WHAT TO DO: Copy every record word for word.

Items from a data source:
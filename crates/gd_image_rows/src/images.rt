//! Commands that look at an image or make one, and setups in a file: what they print, how they end and what they leave.

use crate::commands::{
    DIFFERS, Given, IN_A, IN_B, Look, MAKING, ROOM, Step, altered, carry_out, carry_step,
    expect_copies, expect_looks, expect_steps, expect_told, source_of, zero_disk,
};
use gd_base::MemorySource;
use gd_runs::runs::zeros;
use gd_top::Status;
use std::test::Fail;

/// The text of the state of the empty history.
const EMPTY_STATE: &[&str] = &[
    "credit 0",
    "condition none",
    "order none",
    "handpay none",
    "play none",
];

/// An image of zeros is locked.
#[rattlefmt::skip]
const ZEROS: &[Look] = &[
    (&["check", "m"], Status::Locked, &["a shut", "b shut", "locked"]),
    (&["show", "state", "m"], Status::Locked, &["locked"]),
];

/// A memory that was made isn't made again, and is looked at.
#[rattlefmt::skip]
const MADE: &[Look] = &[
    (&["init", "m"], Status::AlreadyMade, &["already made"]),
    (&["check", "m"], Status::Done, &["a sound 0", "b sound 0"]),
    (&["show", "state", "m"], Status::Done, EMPTY_STATE),
    (&["show", "recall", "m"], Status::Done, &["recall 0"]),
    (&["show", "events", "m"], Status::Done, &["events 0", "bills 0", "vouchers 0"]),
    (&["show", "order", "m"], Status::Done, &["order none"]),
];

/// A setup that has a credit of one cent.
const OF_ONE_CENT: Option<&[&str]> = Some(&["denom = 1"]);

/// Under another setup no text is shown, and both digests are told. The copies are told as ever.
#[rattlefmt::skip]
const DIFFERING: &[Step] = &[
    Step {
        words: &["show", "meters", "m", "--setup", "s"], setup: OF_ONE_CENT, script: None,
        status: Status::SetupDiffers, report: &[DIFFERS], stands: true,
    },
    Step {
        words: &["check", "m", "--setup", "s"], setup: OF_ONE_CENT, script: None,
        status: Status::Done, report: &["a sound 0", "b sound 0"], stands: true,
    },
];

#[test]
fn image_commands(rt: HostRuntime) -> Result<(), Fail> {
    let alloc = rt.alloc();
    let disk = expect_looks(&rt, alloc, zero_disk(alloc, None)?, ZEROS)?;
    let disk = expect_told(&rt, alloc, disk, zeros(alloc), &MAKING)?;
    let disk = expect_looks(&rt, alloc, disk, MADE)?;
    let _disk = expect_steps(&rt, alloc, disk, DIFFERING)?;
    Ok(())
}

/// One damaged copy is told, and the memory is shown from the other.
#[rattlefmt::skip]
const ONE_DAMAGED: &[Look] = &[
    (&["check", "m"], Status::Done, &["a page 1", "b sound 0"]),
    (&["show", "state", "m"], Status::Done, EMPTY_STATE),
    (&["init", "m"], Status::AlreadyMade, &["already made"]),
];

/// Where both are damaged the memory is locked.
#[rattlefmt::skip]
const BOTH_DAMAGED: &[Look] = &[
    (&["check", "m"], Status::Locked, &["a page 1", "b page 15", "locked"]),
    (&["show", "state", "m"], Status::Locked, &["locked"]),
];

/// Over a locked memory a new one may be made.
#[test]
fn damaged_images(rt: HostRuntime) -> Result<(), Fail> {
    let alloc = rt.alloc();
    let disk = altered(&rt, alloc, &[IN_A])?;
    let _disk = expect_looks(&rt, alloc, disk, ONE_DAMAGED)?;
    let disk = altered(&rt, alloc, &[IN_A, IN_B])?;
    let disk = expect_looks(&rt, alloc, disk, BOTH_DAMAGED)?;
    let disk = expect_told(&rt, alloc, disk, zeros(alloc), &MAKING)?;
    expect_copies(&rt, alloc, disk, &["a sound 0", "b sound 0"])
}

/// Commands over a disk of zeros, and how many calls they make. Those of `init` are two reads of the copies, two of the gates, a
/// sync, and two writes with a sync each for either copy.
#[rattlefmt::skip]
const CALLS: &[(&[&str], u64)] = &[
    (&["init", "m"], 13),
    (&["check", "m"], 2),
    (&["show", "meters", "m"], 2),
];

/// A disk that fails at any call of a command is told, and at the call behind the last one it isn't.
#[test]
fn failing_disks(rt: HostRuntime) -> Result<(), Fail> {
    let alloc = rt.alloc();
    for (words, calls) in CALLS {
        for call in 1..=*calls + 1 {
            let given = Given {
                setup: source_of(alloc, None)?,
                script: source_of(alloc, None)?,
                room: ROOM,
                disk: zero_disk(alloc, Some(call))?,
            };
            let ran = carry_out(alloc, words, given, zeros(alloc))?;
            assert_eq!(&rt;
                ran.status == Status::DiskFault,
                call <= *calls,
                "{words:?} {call}"
            );
            assert_eq!(&rt;
                ran.output.bytes() == b"disk fault\n".as_slice(),
                call <= *calls,
                "{words:?} {call}"
            );
        }
    }
    Ok(())
}

/// What `check` prints of a memory that was made.
const CHECKED: &[u8] = b"a sound 0\nb sound 0\n";

/// A sink that fails takes just what it has room for.
#[test]
fn failing_sinks(rt: HostRuntime) -> Result<(), Fail> {
    let alloc = rt.alloc();
    for room in 0..CHECKED.len() {
        let given = Given {
            setup: source_of(alloc, None)?,
            script: source_of(alloc, None)?,
            room,
            disk: altered(&rt, alloc, &[])?,
        };
        let ran = carry_out(alloc, &["check", "m"], given, zeros(alloc))?;
        assert_eq!(&rt; ran.status, Status::WriteFault);
        assert_eq!(&rt; ran.output.bytes(), CHECKED.get(..room).unwrap_or_default());
    }
    let disk = zero_disk(alloc, None)?;
    let ran = carry_step(alloc, disk, zeros(alloc), 0, &MAKING)?;
    assert_eq!(&rt; ran.status, Status::WriteFault);
    expect_copies(&rt, alloc, ran.disk, &["a sound 0", "b sound 0"])
}

/// Setups that are refused, where nothing is made.
#[rattlefmt::skip]
const REFUSED: &[Step] = &[
    Step {
        words: &["init", "m", "--setup", "s"], setup: Some(&["denom = 0"]), script: None,
        status: Status::SetupRefused, report: &["setup denom"], stands: true,
    },
    // A file that can't be read.
    Step {
        words: &["init", "m", "--setup", "s"], setup: None, script: None,
        status: Status::ReadFault, report: &["read fault"], stands: true,
    },
];

/// A setup of one comment is refused where it has more than 65,536 bytes.
#[test]
fn refused_setups(rt: HostRuntime) -> Result<(), Fail> {
    let alloc = rt.alloc();
    let mut disk = expect_steps(&rt, alloc, zero_disk(alloc, None)?, REFUSED)?;
    for (len, status, printed) in [
        (65_537, Status::SetupRefused, "setup text\n"),
        (65_536, Status::Done, "made\n"),
    ] {
        let given = Given {
            setup: MemorySource::of(vec![in alloc; b'#'; len]?, None),
            script: source_of(alloc, None)?,
            room: ROOM,
            disk,
        };
        let ran = carry_out(alloc, &["init", "m", "--setup", "s"], given, zeros(alloc))?;
        assert_eq!(&rt; ran.status, status);
        assert_eq!(&rt; ran.output.bytes(), printed.as_bytes());
        disk = ran.disk;
    }
    Ok(())
}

SOLVED PROBLEM:
filename crates/gd_image_rows/src/images.rt
//! Commands that look at an image or make one, and setups in a file: what they print, how they end and what they leave.

use crate::commands::{
    DIFFERS, Given, IN_A, IN_B, Look, MAKING, ROOM, Step, altered, carry_out, carry_step,
    expect_copies, expect_looks, expect_steps, expect_told, source_of, zero_disk,
};
use gd_base::MemorySource;
use gd_runs::runs::zeros;
use gd_top::Status;
use std::test::Fail;

/// The text of the state of the empty history.
const EMPTY_STATE: &[&str] = &[
    "credit 0",
    "condition none",
    "order none",
    "handpay none",
    "play none",
];

/// An image of zeros is locked.
#[rattlefmt::skip]
const ZEROS: &[Look] = &[
    (&["check", "m"], Status::Locked, &["a shut", "b shut", "locked"]),
    (&["show", "state", "m"], Status::Locked, &["locked"]),
];

/// A memory that was made isn't made again, and is looked at.
#[rattlefmt::skip]
const MADE: &[Look] = &[
    (&["init", "m"], Status::AlreadyMade, &["already made"]),
    (&["check", "m"], Status::Done, &["a sound 0", "b sound 0"]),
    (&["show", "state", "m"], Status::Done, EMPTY_STATE),
    (&["show", "recall", "m"], Status::Done, &["recall 0"]),
    (&["show", "events", "m"], Status::Done, &["events 0", "bills 0", "vouchers 0"]),
    (&["show", "order", "m"], Status::Done, &["order none"]),
];

/// A setup that has a credit of one cent.
const OF_ONE_CENT: Option<&[&str]> = Some(&["denom = 1"]);

/// Under another setup no text is shown, and both digests are told. The copies are told as ever.
#[rattlefmt::skip]
const DIFFERING: &[Step] = &[
    Step {
        words: &["show", "meters", "m", "--setup", "s"], setup: OF_ONE_CENT, script: None,
        status: Status::SetupDiffers, report: &[DIFFERS], stands: true,
    },
    Step {
        words: &["check", "m", "--setup", "s"], setup: OF_ONE_CENT, script: None,
        status: Status::Done, report: &["a sound 0", "b sound 0"], stands: true,
    },
];

#[test]
fn image_commands(rt: HostRuntime) -> Result<(), Fail> {
    let alloc = rt.alloc();
    let disk = expect_looks(&rt, alloc, zero_disk(alloc, None)?, ZEROS)?;
    let disk = expect_told(&rt, alloc, disk, zeros(alloc), &MAKING)?;
    let disk = expect_looks(&rt, alloc, disk, MADE)?;
    let _disk = expect_steps(&rt, alloc, disk, DIFFERING)?;
    Ok(())
}

/// One damaged copy is told, and the memory is shown from the other.
#[rattlefmt::skip]
const ONE_DAMAGED: &[Look] = &[
    (&["check", "m"], Status::Done, &["a page 1", "b sound 0"]),
    (&["show", "state", "m"], Status::Done, EMPTY_STATE),
    (&["init", "m"], Status::AlreadyMade, &["already made"]),
];

/// Where both are damaged the memory is locked.
#[rattlefmt::skip]
const BOTH_DAMAGED: &[Look] = &[
    (&["check", "m"], Status::Locked, &["a page 1", "b page 15", "locked"]),
    (&["show", "state", "m"], Status::Locked, &["locked"]),
];

/// Over a locked memory a new one may be made.
#[test]
fn damaged_images(rt: HostRuntime) -> Result<(), Fail> {
    let alloc = rt.alloc();
    let disk = altered(&rt, alloc, &[IN_A])?;
    let _disk = expect_looks(&rt, alloc, disk, ONE_DAMAGED)?;
    let disk = altered(&rt, alloc, &[IN_A, IN_B])?;
    let disk = expect_looks(&rt, alloc, disk, BOTH_DAMAGED)?;
    let disk = expect_told(&rt, alloc, disk, zeros(alloc), &MAKING)?;
    expect_copies(&rt, alloc, disk, &["a sound 0", "b sound 0"])
}

/// Commands over a disk of zeros, and how many calls they make. Those of `init` are two reads of the copies, two of the gates, a
/// sync, and two writes with a sync each for either copy.
#[rattlefmt::skip]
const CALLS: &[(&[&str], u64)] = &[
    (&["init", "m"], 13),
    (&["check", "m"], 2),
    (&["show", "meters", "m"], 2),
];

/// A disk that fails at any call of a command is told, and at the call behind the last one it isn't.
#[test]
fn failing_disks(rt: HostRuntime) -> Result<(), Fail> {
    let alloc = rt.alloc();
    for (words, calls) in CALLS {
        for call in 1..=*calls + 1 {
            let given = Given {
                setup: source_of(alloc, None)?,
                script: source_of(alloc, None)?,
                room: ROOM,
                disk: zero_disk(alloc, Some(call))?,
            };
            let ran = carry_out(alloc, words, given, zeros(alloc))?;
            assert_eq!(&rt;
                ran.status == Status::DiskFault,
                call <= *calls,
                "{words:?} {call}"
            );
            assert_eq!(&rt;
                ran.output.bytes() == b"disk fault\n".as_slice(),
                call <= *calls,
                "{words:?} {call}"
            );
        }
    }
    Ok(())
}

/// What `check` prints of a memory that was made.
const CHECKED: &[u8] = b"a sound 0\nb sound 0\n";

/// A sink that fails takes just what it has room for.
#[test]
fn failing_sinks(rt: HostRuntime) -> Result<(), Fail> {
    let alloc = rt.alloc();
    for room in 0..CHECKED.len() {
        let given = Given {
            setup: source_of(alloc, None)?,
            script: source_of(alloc, None)?,
            room,
            disk: altered(&rt, alloc, &[])?,
        };
        let ran = carry_out(alloc, &["check", "m"], given, zeros(alloc))?;
        assert_eq!(&rt; ran.status, Status::WriteFault);
        assert_eq!(&rt; ran.output.bytes(), CHECKED.get(..room).unwrap_or_default());
    }
    let disk = zero_disk(alloc, None)?;
    let ran = carry_step(alloc, disk, zeros(alloc), 0, &MAKING)?;
    assert_eq!(&rt; ran.status, Status::WriteFault);
    expect_copies(&rt, alloc, ran.disk, &["a sound 0", "b sound 0"])
}

/// Setups that are refused, where nothing is made.
#[rattlefmt::skip]
const REFUSED: &[Step] = &[
    Step {
        words: &["init", "m", "--setup", "s"], setup: Some(&["denom = 0"]), script: None,
        status: Status::SetupRefused, report: &["setup denom"], stands: true,
    },
    // A file that can't be read.
    Step {
        words: &["init", "m", "--setup", "s"], setup: None, script: None,
        status: Status::ReadFault, report: &["read fault"], stands: true,
    },
];

/// A setup of one comment is refused where it has more than 65,536 bytes.
#[test]
fn refused_setups(rt: HostRuntime) -> Result<(), Fail> {
    let alloc = rt.alloc();
    let mut disk = expect_steps(&rt, alloc, zero_disk(alloc, None)?, REFUSED)?;
    for (len, status, printed) in [
        (65_537, Status::SetupRefused, "setup text\n"),
        (65_536, Status::Done, "made\n"),
    ] {
        let given = Given {
            setup: MemorySource::of(vec![in alloc; b'#'; len]?, None),
            script: source_of(alloc, None)?,
            room: ROOM,
            disk,
        };
        let ran = carry_out(alloc, &["init", "m", "--setup", "s"], given, zeros(alloc))?;
        assert_eq!(&rt; ran.status, status);
        assert_eq!(&rt; ran.output.bytes(), printed.as_bytes());
        disk = ran.disk;
    }
    Ok(())
}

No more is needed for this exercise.